* Action item: Write down, unchanged, the entries from the first line through the line holding "31 + draws.below(4)". Include no other line.

·····

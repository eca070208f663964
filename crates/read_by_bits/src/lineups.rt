// Generated line-ups: written by the writer, which writes good ones only, or packed bit by bit with mistakes.
use super::bits::Bits;
use generator::Generator;
use lineup::Writer;
use row::{Fault, Row, RowNumbers};
use std::alloc::Global;
use std::io;

// Numbers that keep the limits, up to the longest that there are.
fn make_numbers(draws: &mut Generator) -> RowNumbers {
    let most = if draws.one_in(3) { 262_143 } else { 60 };
    let period = 1 + draws.below(most);
    let deadline = 1 + draws.below(period);
    let long = 1 + draws.below(deadline);
    let short = 1 + draws.below(long);
    if draws.one_in(2) {
        RowNumbers::Track {
            period,
            deadline,
            short,
            long,
        }
    } else {
        RowNumbers::Helper {
            period,
            deadline,
            short,
        }
    }
}

// How many rows a line-up gets: mostly few, sometimes about as many as there may be.
fn make_count(draws: &mut Generator) -> u32 {
    if draws.one_in(10) {
        31 + draws.below(4)
    } else {
        1 + draws.below(5)
    }
}

const TEXT: [u8; 31] = *b" ~Host microphone 2, left {~} A";

fn put_row(writer: &mut Writer<'_>, draws: &mut Generator) -> Result<(), Fault> {
    let row = Row::try_from(make_numbers(draws))?;
    writer.put(&row)?;
    if draws.one_in(2) {
        let length = 1 + draws.below(31) as usize;
        writer.label(&TEXT[0..length])?;
    }
    Ok(())
}

fn write_rows(buffer: &mut [u8], draws: &mut Generator) -> Result<usize, Fault> {
    let count = make_count(draws).min(32);
    let mut writer = Writer::new(buffer);
    for _ in 0..count {
        put_row(&mut writer, draws)?;
    }
    Ok(writer.finish()?)
}

// A line-up that the writer wrote.
pub(crate) fn written(heap: Global, draws: &mut Generator) -> io::Result<Vec<u8>> {
    let mut buffer = [0u8; 2048];
    let len = write_rows(&mut buffer, draws).unwrap_or(0);
    Ok(buffer.iter().take(len).copied().collect(heap)?)
}

// Puts a wrong number in the place of one of them, or keeps some bits of the short budget. A helper has no long budget.
fn break_limit(numbers: RowNumbers, place: u32, wrong: u32) -> RowNumbers {
    match numbers {
        RowNumbers::Track {
            period,
            deadline,
            short,
            long,
        } => RowNumbers::Track {
            period: if place == 0 { wrong } else { period },
            deadline: if place == 1 { wrong } else { deadline },
            long: if place == 2 { wrong } else { long },
            short: if place == 3 { long & wrong } else { short },
        },
        RowNumbers::Helper {
            period,
            deadline,
            short,
        } => RowNumbers::Helper {
            period: if place == 0 { wrong } else { period },
            deadline: if place == 1 { wrong } else { deadline },
            short: if place == 3 { short & wrong } else { short },
        },
    }
}

// A line-up in the making, bit by bit. Mistakes are rarer by the factor `care`.
#[derive(Drop)]
struct Packer<'a> {
    draws: &'a mut Generator,
    bits: Bits,
    care: u32,
}

impl Packer<'_> {
    // Whether a mistake comes that is made once in n times, without care.
    fn errs(&mut self, n: u32) -> bool {
        self.draws.one_in(self.care.saturating_mul(n))
    }

    // Numbers of which some limit may be broken.
    fn any_numbers(&mut self) -> RowNumbers {
        let numbers = make_numbers(self.draws);
        if !self.errs(12) {
            return numbers;
        }
        let wrong = self.draws.below(262_144);
        break_limit(numbers, self.draws.below(4), wrong)
    }

    fn pack_row(&mut self) -> io::Result<()> {
        let numbers = self.any_numbers();
        let filling = if self.errs(40) {
            self.draws.below(128)
        } else {
            0
        };
        match numbers {
            RowNumbers::Track {
                period,
                deadline,
                short,
                long,
            } => {
                self.bits.put(1, 3)?;
                for time in [period, deadline, short, long] {
                    self.bits.put(time, 18)?;
                }
                self.bits.put(filling, 5)?;
            }
            RowNumbers::Helper {
                period,
                deadline,
                short,
            } => {
                self.bits.put(0, 3)?;
                for time in [period, deadline, short] {
                    self.bits.put(time, 18)?;
                }
                self.bits.put(filling, 7)?;
            }
        }
        Ok(())
    }

    fn pack_label(&mut self) -> io::Result<()> {
        let length = if self.errs(20) {
            0
        } else {
            1 + self.draws.below(31)
        };
        self.bits.put(2, 3)?;
        self.bits.put(length, 5)?;
        let range = if self.errs(20) { 224 } else { 95 };
        for _ in 0..length {
            self.bits.put(32 + self.draws.below(range), 8)?;
        }
        Ok(())
    }

    // Up to two labels, and now and then a kind that there is not.
    fn pack_behind_row(&mut self) -> io::Result<()> {
        if self.draws.one_in(2) {
            self.pack_label()?;
        }
        if self.errs(40) {
            self.pack_label()?;
        }
        if self.errs(60) {
            self.bits.put(4 + self.draws.below(4), 3)?;
            self.bits.put(self.draws.below(32), 5)?;
        }
        Ok(())
    }

    // The end record, with a wrong count, or twice, or not at all.
    fn pack_end(&mut self, count: u32) -> io::Result<()> {
        let count = if self.draws.one_in(12) {
            self.draws.below(32)
        } else {
            count.saturating_sub(1)
        };
        let times = if self.draws.one_in(12) {
            self.draws.below(3)
        } else {
            1
        };
        for _ in 0..times {
            self.bits.put(3, 3)?;
            self.bits.put(count, 5)?;
        }
        Ok(())
    }
}

// A line-up packed bit by bit, with mistakes.
pub(crate) fn packed(heap: Global, draws: &mut Generator) -> io::Result<Vec<u8>> {
    let count = if draws.one_in(30) {
        0
    } else {
        make_count(draws)
    };
    let mut packer = Packer {
        draws,
        bits: Bits::new(heap),
        // so that a long line-up comes to its 33rd row
        care: if count > 5 { 20 } else { 1 },
    };
    if packer.draws.one_in(60) {
        packer.pack_label()?;
    }
    for _ in 0..count {
        packer.pack_row()?;
        packer.pack_behind_row()?;
    }
    packer.pack_end(count)?;
    Ok(packer.bits.bytes(heap)?)
}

·····

* Answer:
repository eca070208f663964
filename crates/read_by_bits/src/lineups.rt
// Generated line-ups: written by the writer, which writes good ones only, or packed bit by bit with mistakes.
use super::bits::Bits;
use generator::Generator;
use lineup::Writer;
use row::{Fault, Row, RowNumbers};
use std::alloc::Global;
use std::io;

// Numbers that keep the limits, up to the longest that there are.
fn make_numbers(draws: &mut Generator) -> RowNumbers {
    let most = if draws.one_in(3) { 262_143 } else { 60 };
    let period = 1 + draws.below(most);
    let deadline = 1 + draws.below(period);
    let long = 1 + draws.below(deadline);
    let short = 1 + draws.below(long);
    if draws.one_in(2) {
        RowNumbers::Track {
            period,
            deadline,
            short,
            long,
        }
    } else {
        RowNumbers::Helper {
            period,
            deadline,
            short,
        }
    }
}

// How many rows a line-up gets: mostly few, sometimes about as many as there may be.
fn make_count(draws: &mut Generator) -> u32 {
    if draws.one_in(10) {
        31 + draws.below(4)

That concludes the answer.